▶ The problem
In the entries that follow, the lines from the one with "for column in 0..zone.w.div_ceil(16)" through the one with "let count = if" are the ones to write out, exactly and with both ends included. Nothing else should appear.

[[ Source data open ]]

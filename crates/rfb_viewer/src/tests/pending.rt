//! How many bytes are pending after each byte, and where no message has begun.

use super::play::{Step, are_right, plays_at_bgr233};
use super::*;

// What is pending in a version, and in a ServerInit whose name has two bytes.
const VERSION: &[usize] = &[1, 2, 3, 4, 5, 6, 7, 8, 9, 10, 11, 0];

const INIT: &[usize] = &[
    1, 2, 3, 4, 5, 6, 7, 8, 9, 10, 11, 12, 13, 14, 15, 16, 17, 18, 19, 20, 21, 22, 23, 0, 0, 0,
];

const HANDSHAKE: &[Step<'static>] = &[
    Step::Keep(b"RFB 003.008\n", VERSION),
    Step::Keep(b"\x02\x02\x01\0\0\0\0", &[0, 0, 0, 1, 2, 3, 0]),
    Step::Keep(b"\0\x11\0\x01................\0\0\0\x02ab", INIT),
    Step::Between(true),
];

fn keeps_a_handshake(alloc: Global) -> bool {
    let mut viewer = viewer(alloc, Format::bgr233(), Version::V38);
    are_right(&mut viewer, HANDSHAKE)
}

#[test]
fn a_handshake_keeps_what_stands_after_its_last_whole_piece(rt: HostRuntime) {
    assert!(rt; keeps_a_handshake(rt.alloc()));
}

// A bell, a text of two bytes, a colour map of one colour, and an update of no rectangles.
const MESSAGES: &[Step<'static>] = &[
    Step::Keep(
        b"\x02\x03\0\0\0\0\0\0\x02ab",
        &[0, 1, 2, 3, 4, 5, 6, 7, 0, 0, 0],
    ),
    Step::Keep(
        b"\x01\0\0\0\0\x01\0\0\0\0\0\0",
        &[1, 2, 3, 4, 5, 0, 1, 2, 3, 4, 5, 0],
    ),
    Step::Keep(b"\0\0\0\0", &[1, 2, 3, 0]),
    Step::Between(true),
];

#[test]
fn a_message_keeps_its_head_and_nothing_of_what_follows(rt: HostRuntime) {
    assert!(rt; plays_at_bgr233(rt.alloc(), HELLO_17_BY_1, MESSAGES));
}

// What is pending in the head of an update and of its first rectangle, and of another one.
const HEADS: &[usize] = &[1, 2, 3, 0, 1, 2, 3, 4, 5, 6, 7, 8, 9, 10, 11, 0];

const HEAD: &[usize] = &[1, 2, 3, 4, 5, 6, 7, 8, 9, 10, 11, 0];

// A tile of six bytes, which keeps up to five; a head of RRE, and a subrectangle.
const RECTANGLES: &[Step<'static>] = &[
    Step::Keep(b"\0\0\0\x02\0\0\0\0\0\x11\0\x01\0\0\0\x05", HEADS),
    Step::Keep(b"\x1A\x10\x01\x20\0\0", &[1, 2, 3, 4, 5, 0]),
    Step::Between(false),
    Step::Keep(b"\0", &[0]),
    Step::Keep(b"\0\0\0\0\0\x11\0\x01\0\0\0\x02", HEAD),
    Step::Keep(b"\xFF\xFF\xFF\xFF\x10", &[1, 2, 3, 4, 0]),
    Step::Keep(b"\x20\0\0\0\0\0\x01\0\x01", &[1, 2, 3, 4, 5, 6, 7, 8, 0]),
    Step::Between(false),
];

#[test]
fn a_rectangle_keeps_one_piece(rt: HostRuntime) {
    assert!(rt; plays_at_bgr233(rt.alloc(), HELLO_17_BY_1, RECTANGLES));
}
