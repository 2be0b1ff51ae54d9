//! A plain decoder of one update, written from RFC 6143, sections 7.6.1 and 7.7. It is given all
//! bytes that came, begins with the first of them each time, and draws nothing more from the first
//! piece on that is not whole.

use rfb_pixel::Colour;
use std::alloc::{AllocError, Global};

/// How wide and how high the picture is.
pub const SIDE: usize = 18;

/// A pixel format, little-endian: how many bytes a pixel has, and the maximum and the unit of its
/// red, its green and its blue.
#[derive(Clone, Copy)]
pub struct Pixels {
    pub size: usize,
    pub red: (usize, usize),
    pub green: (usize, usize),
    pub blue: (usize, usize),
}

// A part of the picture.
#[derive(Clone, Copy)]
struct Zone {
    x: usize,
    y: usize,
    w: usize,
    h: usize,
}

// The bytes, how many of them are read, and the picture's pixels so far. Once a piece was
// truncated, zeros are read, and nothing is drawn.
#[derive(Drop)]
struct Plain<'a> {
    bytes: &'a [u8],
    read: usize,
    cut_off: bool,
    pixel_size: usize,
    shown: Vec<usize>,
}

impl Plain<'_> {
    // Whether `count` bytes are there; if not, the piece that they are in is truncated.
    fn has(&mut self, count: usize) -> bool {
        let left = self.bytes.len().saturating_sub(self.read);
        self.cut_off = self.cut_off || left < count;
        !self.cut_off
    }

    fn byte(&mut self) -> usize {
        if !self.has(1) {
            return 0;
        }
        let byte = self.bytes.get(self.read).copied().unwrap_or_default();
        self.read = self.read.saturating_add(1);
        usize::from(byte)
    }

    // A number of `count` bytes, the highest first.
    fn number(&mut self, count: usize) -> usize {
        let mut number = 0usize;
        for _ in 0..count {
            number = number.wrapping_mul(256).wrapping_add(self.byte());
        }
        number
    }

    // The lowest first.
    fn pixel(&mut self) -> usize {
        let mut pixel = 0usize;
        let mut unit = 1usize;
        for _ in 0..self.pixel_size {
            pixel = pixel.wrapping_add(self.byte().wrapping_mul(unit));
            unit = unit.wrapping_mul(256);
        }
        pixel
    }

    fn zone(&mut self) -> Zone {
        let x = self.number(2);
        let y = self.number(2);
        let w = self.number(2);
        let h = self.number(2);
        Zone { x, y, w, h }
    }

    fn draw(&mut self, x: usize, y: usize, pixel: usize) {
        if let Some(here) = self.shown.get_mut(place(x, y)) {
            *here = pixel;
        }
    }

    fn fill(&mut self, zone: Zone, pixel: usize) {
        if self.cut_off {
            return;
        }
        for y in zone.y..zone.y.saturating_add(zone.h) {
            for x in zone.x..zone.x.saturating_add(zone.w) {
                self.draw(x, y, pixel);
            }
        }
    }

    fn take_update(&mut self) {
        self.number(2);
        for _ in 0..self.number(2) {
            let zone = self.zone();
            match self.number(4) {
                0 => self.take_raw(zone),
                1 => self.take_copy(zone),
                2 => self.take_rre(zone),
                _ => self.take_hextile(zone),
            }
        }
    }

    fn take_raw(&mut self, zone: Zone) {
        for y in 0..zone.h {
            for x in 0..zone.w {
                let pixel = self.pixel();
                self.fill(place_in(zone, x, y), pixel);
            }
        }
    }

    // Of overlapping places each is read before it is written: the order is that of the shift.
    fn take_copy(&mut self, zone: Zone) {
        let from_x = self.number(2);
        let from_y = self.number(2);
        for row in 0..zone.h {
            for column in 0..zone.w {
                let x = turned(column, zone.w, from_x < zone.x);
                let y = turned(row, zone.h, from_y < zone.y);
                self.copy(
                    from_x.wrapping_add(x),
                    from_y.wrapping_add(y),
                    place_in(zone, x, y),
                );
            }
        }
    }

    fn copy(&mut self, from_x: usize, from_y: usize, to: Zone) {
        let pixel = self.shown.get(place(from_x, from_y)).copied();
        self.fill(to, pixel.unwrap_or_default());
    }

    fn take_rre(&mut self, zone: Zone) {
        let count = self.number(4);
        let background = self.pixel();
        self.fill(zone, background);
        for _ in 0..count {
            let pixel = self.pixel();
            let part = self.zone();
            self.fill(within(zone, part), pixel);
        }
    }

    fn take_hextile(&mut self, zone: Zone) {
        let mut colours = (0, 0);
        for row in 0..zone.h.div_ceil(16) {
            for column in 0..zone.w.div_ceil(16) {
                let tile = tile_at(zone, column.wrapping_mul(16), row.wrapping_mul(16));
                colours = self.take_tile(tile, colours);
            }
        }
    }

    // A tile: the background and the foreground before it, and then those after it.
    fn take_tile(&mut self, tile: Zone, (before, ink): (usize, usize)) -> (usize, usize) {
        let mask = self.number(1);
        if mask & 1 != 0 {
            self.take_raw(tile);
            return (before, ink);
        }
        let background = if mask & 2 != 0 { self.pixel() } else { before };
        let foreground = if mask & 4 != 0 { self.pixel() } else { ink };
        let count = if mask & 8 != 0 { self.number(1) } else { 0 };
        self.take_parts(tile, count, mask & 16 != 0, (background, foreground));
        (background, foreground)
    }

    // `count` subrectangles, with colours of their own or not: shown when all of them came.
    fn take_parts(
        &mut self,
        tile: Zone,
        count: usize,
        coloured: bool,
        (background, foreground): (usize, usize),
    ) {
        let colour_size = if coloured { self.pixel_size } else { 0 };
        self.has(count.wrapping_mul(colour_size.wrapping_add(2)));
        self.fill(tile, background);
        for _ in 0..count {
            let pixel = if coloured { self.pixel() } else { foreground };
            let part = self.small_zone();
            self.fill(within(tile, part), pixel);
        }
    }

    // Two bytes: x-position and y-position in four bits each, then width and height, one less each.
    fn small_zone(&mut self) -> Zone {
        let corner = self.number(1);
        let extent = self.number(1);
        Zone {
            x: corner / 16,
            y: corner % 16,
            w: (extent / 16).wrapping_add(1),
            h: (extent % 16).wrapping_add(1),
        }
    }
}

/// What a black picture shows when these bytes of an update came.
pub fn shown_after(
    alloc: Global,
    bytes: &[u8],
    pixels: &Pixels,
) -> Result<Vec<Colour>, AllocError> {
    let mut plain = begun(alloc, bytes, pixels.size)?;
    plain.take_update();
    colours_of(alloc, &plain.shown, pixels)
}

// The decoder of these bytes that has read none of them.
fn begun(alloc: Global, bytes: &[u8], pixel_size: usize) -> Result<Plain<'_>, AllocError> {
    let mut shown = Vec::new(alloc);
    shown.resize(SIDE * SIDE, 0)?;
    Ok(Plain {
        bytes,
        read: 0,
        cut_off: false,
        pixel_size,
        shown,
    })
}

fn colours_of(alloc: Global, shown: &[usize], pixels: &Pixels) -> Result<Vec<Colour>, AllocError> {
    let mut colours = Vec::new(alloc);
    for pixel in shown {
        colours.push(colour_of(*pixel, pixels))?;
    }
    Ok(colours)
}

fn colour_of(pixel: usize, pixels: &Pixels) -> Colour {
    Colour {
        r: component(pixel, pixels.red),
        g: component(pixel, pixels.green),
        b: component(pixel, pixels.blue),
    }
}

// A field of a pixel as 0 to 65,535, rounded to the nearest.
fn component(pixel: usize, (max, unit): (usize, usize)) -> u16 {
    let value = pixel.checked_div(unit).unwrap_or_default() & max;
    let scaled = value.wrapping_mul(65_535).wrapping_add(max / 2);
    u16::try_from(scaled.checked_div(max).unwrap_or_default()).unwrap_or_default()
}

fn place(x: usize, y: usize) -> usize {
    y.wrapping_mul(SIDE).wrapping_add(x)
}

// A zone that is placed in another.
fn within(outer: Zone, inner: Zone) -> Zone {
    Zone {
        x: outer.x.wrapping_add(inner.x),
        y: outer.y.wrapping_add(inner.y),
        ..inner
    }
}

// One place of a zone.
fn place_in(zone: Zone, x: usize, y: usize) -> Zone {
    within(zone, Zone { x, y, w: 1, h: 1 })
}

// A place of `count`, or, where they are turned, that place from the end.
fn turned(place: usize, count: usize, is_turned: bool) -> usize {
    if is_turned {
        count.wrapping_sub(place).wrapping_sub(1)
    } else {
        place
    }
}

// The tile that begins there.
fn tile_at(zone: Zone, x: usize, y: usize) -> Zone {
    let w = zone.w.wrapping_sub(x).min(16);
    let h = zone.h.wrapping_sub(y).min(16);
    within(zone, Zone { x, y, w, h })
}
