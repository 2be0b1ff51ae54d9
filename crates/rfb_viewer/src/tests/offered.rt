//! The security types that a server offered, as a viewer lends them.

use super::play::fault_at;
use super::*;
use crate::ViewerFault;
use rfb_hello::Offered;

fn is_listed(viewer: &Viewer, types: &[u8]) -> bool {
    match viewer.offered() {
        Offered::Listed(listed) => listed.as_slice() == types,
        Offered::Nothing | Offered::Chosen(_) => false,
    }
}

// Whether a server of 3.8 that sends this list is answered or refused so, and its types are lent.
fn lists(alloc: Global, list: &[u8], fault: Option<ViewerFault>, types: &[u8]) -> bool {
    let mut viewer = viewer(alloc, Format::rgb888(), Version::V38);
    let greeted = fault_at(&mut viewer, b"RFB 003.008\n").is_none();
    greeted && fault_at(&mut viewer, list) == fault && is_listed(&viewer, types)
}

#[test]
fn a_list_is_lent_that_is_taken_and_one_that_is_refused(rt: HostRuntime) {
    let refused = Some(ViewerFault::NoneNotOffered);
    assert!(rt; lists(rt.alloc(), b"\x02\x13\x01", None, b"\x13\x01"));
    assert!(rt; lists(rt.alloc(), b"\x03\x02\x10\x13", refused, b"\x02\x10\x13"));
}
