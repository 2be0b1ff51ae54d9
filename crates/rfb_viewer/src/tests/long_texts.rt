//! A name and a text of the greatest length: their first MiB is kept, the rest taken.

use super::play::{Step, Told, are_right, fault_at, tells};
use super::*;
use crate::ViewerFault;

fn with_long_texts(alloc: Global) -> Viewer {
    let mut encodings = ArrayVec::new();
    encodings.push(Encoding::Raw);
    Viewer::new(
        alloc,
        Format::rgb888(),
        encodings,
        Version::V38,
        true,
        16,
        1_048_576,
    )
}

// Whether 3 MiB of a text are taken, 64 KiB at a time.
fn takes_three_mib(viewer: &mut Viewer, slice: &[u8]) -> bool {
    let mut good = true;
    for _ in 0..48 {
        good &= tells(viewer, slice, 65_536, Told::Nothing);
    }
    good
}

// A server of 3.3, up to ServerInit of a screen of 1 by 1.
const VERSION: Step<'static> = Step::Feed(b"RFB 003.003\n", 12, Told::Reply(b"RFB 003.003\n"));

const NONE: Step<'static> = Step::Feed(b"\0\0\0\x01", 4, Told::Reply(b"\x01"));

// A name of 4,294,967,295 bytes, before which there is a screen.
const LONGEST_NAME: &[Step<'static>] = &[
    VERSION,
    NONE,
    Step::Feed(
        b"\0\x01\0\x01................\xFF\xFF\xFF\xFF",
        24,
        Told::Nothing,
    ),
    Step::Shows(&[BLACK]),
];

// The rest of the handshake, whose screen has no name.
const NAMELESS: Step<'static> = Step::Feed(
    b"\0\x01\0\x01................\0\0\0\0",
    24,
    Told::Ready(1, 1, b"", 0),
);

// A text of 4,294,967,295 bytes, and one of 1 MiB.
const LONGEST_TEXT: &[Step<'static>] = &[
    VERSION,
    NONE,
    NAMELESS,
    Step::Feed(b"\x03\0\0\0\xFF\xFF\xFF\xFF", 8, Told::Nothing),
];

const TEXT_AT_THE_LIMIT: &[Step<'static>] = &[
    VERSION,
    NONE,
    NAMELESS,
    Step::Feed(b"\x03\0\0\0\0\x10\0\0", 8, Told::Nothing),
];

// Whether these steps go as they should, and after them 3 MiB of a text are taken.
fn takes_longest(alloc: Global, steps: &[Step<'_>], slice: &[u8]) -> bool {
    let mut viewer = with_long_texts(alloc);
    are_right(&mut viewer, steps) && takes_three_mib(&mut viewer, slice)
}

// `count` bytes of a text.
fn letters(alloc: Global, count: usize) -> Result<Vec<u8>, AllocError> {
    let mut letters = Vec::new(alloc);
    letters.resize(count, b'n')?;
    Ok(letters)
}

#[test]
fn the_longest_name_is_taken_slice_by_slice(rt: HostRuntime) -> Result<(), AllocError> {
    let slice = letters(rt.alloc(), 65_536)?;
    assert!(rt; takes_longest(rt.alloc(), LONGEST_NAME, &slice));
    Ok(())
}

#[test]
fn the_longest_text_is_taken_slice_by_slice(rt: HostRuntime) -> Result<(), AllocError> {
    let slice = letters(rt.alloc(), 65_536)?;
    assert!(rt; takes_longest(rt.alloc(), LONGEST_TEXT, &slice));
    Ok(())
}

// Whether a text of 1 MiB comes whole in its event.
fn tells_whole(alloc: Global, text: &[u8]) -> bool {
    let mut viewer = with_long_texts(alloc);
    are_right(&mut viewer, TEXT_AT_THE_LIMIT)
        && tells(&mut viewer, text, 1_048_576, Told::Text(text, 1_048_576))
}

#[test]
fn a_text_at_the_limit_is_kept_whole(rt: HostRuntime) -> Result<(), AllocError> {
    let text = letters(rt.alloc(), 1_048_576)?;
    assert!(rt; tells_whole(rt.alloc(), &text));
    Ok(())
}

// Whether all of a stream is taken, or want of memory is reported, and then reported once more.
fn is_taken_or_wants_memory(viewer: &mut Viewer, stream: &[u8]) -> bool {
    for byte in stream.chunks(1) {
        if let Some(fault) = fault_at(viewer, byte) {
            return fault == ViewerFault::NoMemory && fault_at(viewer, byte) == Some(fault);
        }
    }
    viewer.between()
}

fn tells_want_of_memory(alloc: Global) -> bool {
    let mut viewer = viewer(alloc, Format::rgb888(), Version::V38);
    let stream =
        b"RFB 003.003\n\0\0\0\x01\0\x02\0\x01................\0\0\0\x01t\x03\0\0\0\0\0\0\x02AB";
    is_taken_or_wants_memory(&mut viewer, stream)
}

// The screen, the name and a text take memory. Where it is refused, that is reported once more, and
// else all is taken.
#[test]
fn want_of_memory_is_reported_for_good(rt: HostRuntime) {
    assert!(rt; tells_want_of_memory(rt.alloc()));
}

[[ Source data closed ]]

▶ Exercise answer
            for column in 0..zone.w.div_ceil(16) {
                let tile = tile_at(zone, column.wrapping_mul(16), row.wrapping_mul(16));
                colours = self.take_tile(tile, colours);
            }
        }
    }

    // A tile: the background and the foreground before it, and then those after it.
    fn take_tile(&mut self, tile: Zone, (before, ink): (usize, usize)) -> (usize, usize) {
        let mask = self.number(1);
        if mask & 1 != 0 {
            self.take_raw(tile);
            return (before, ink);
        }
        let background = if mask & 2 != 0 { self.pixel() } else { before };
        let foreground = if mask & 4 != 0 { self.pixel() } else { ink };
        let count = if mask & 8 != 0 { self.number(1) } else { 0 };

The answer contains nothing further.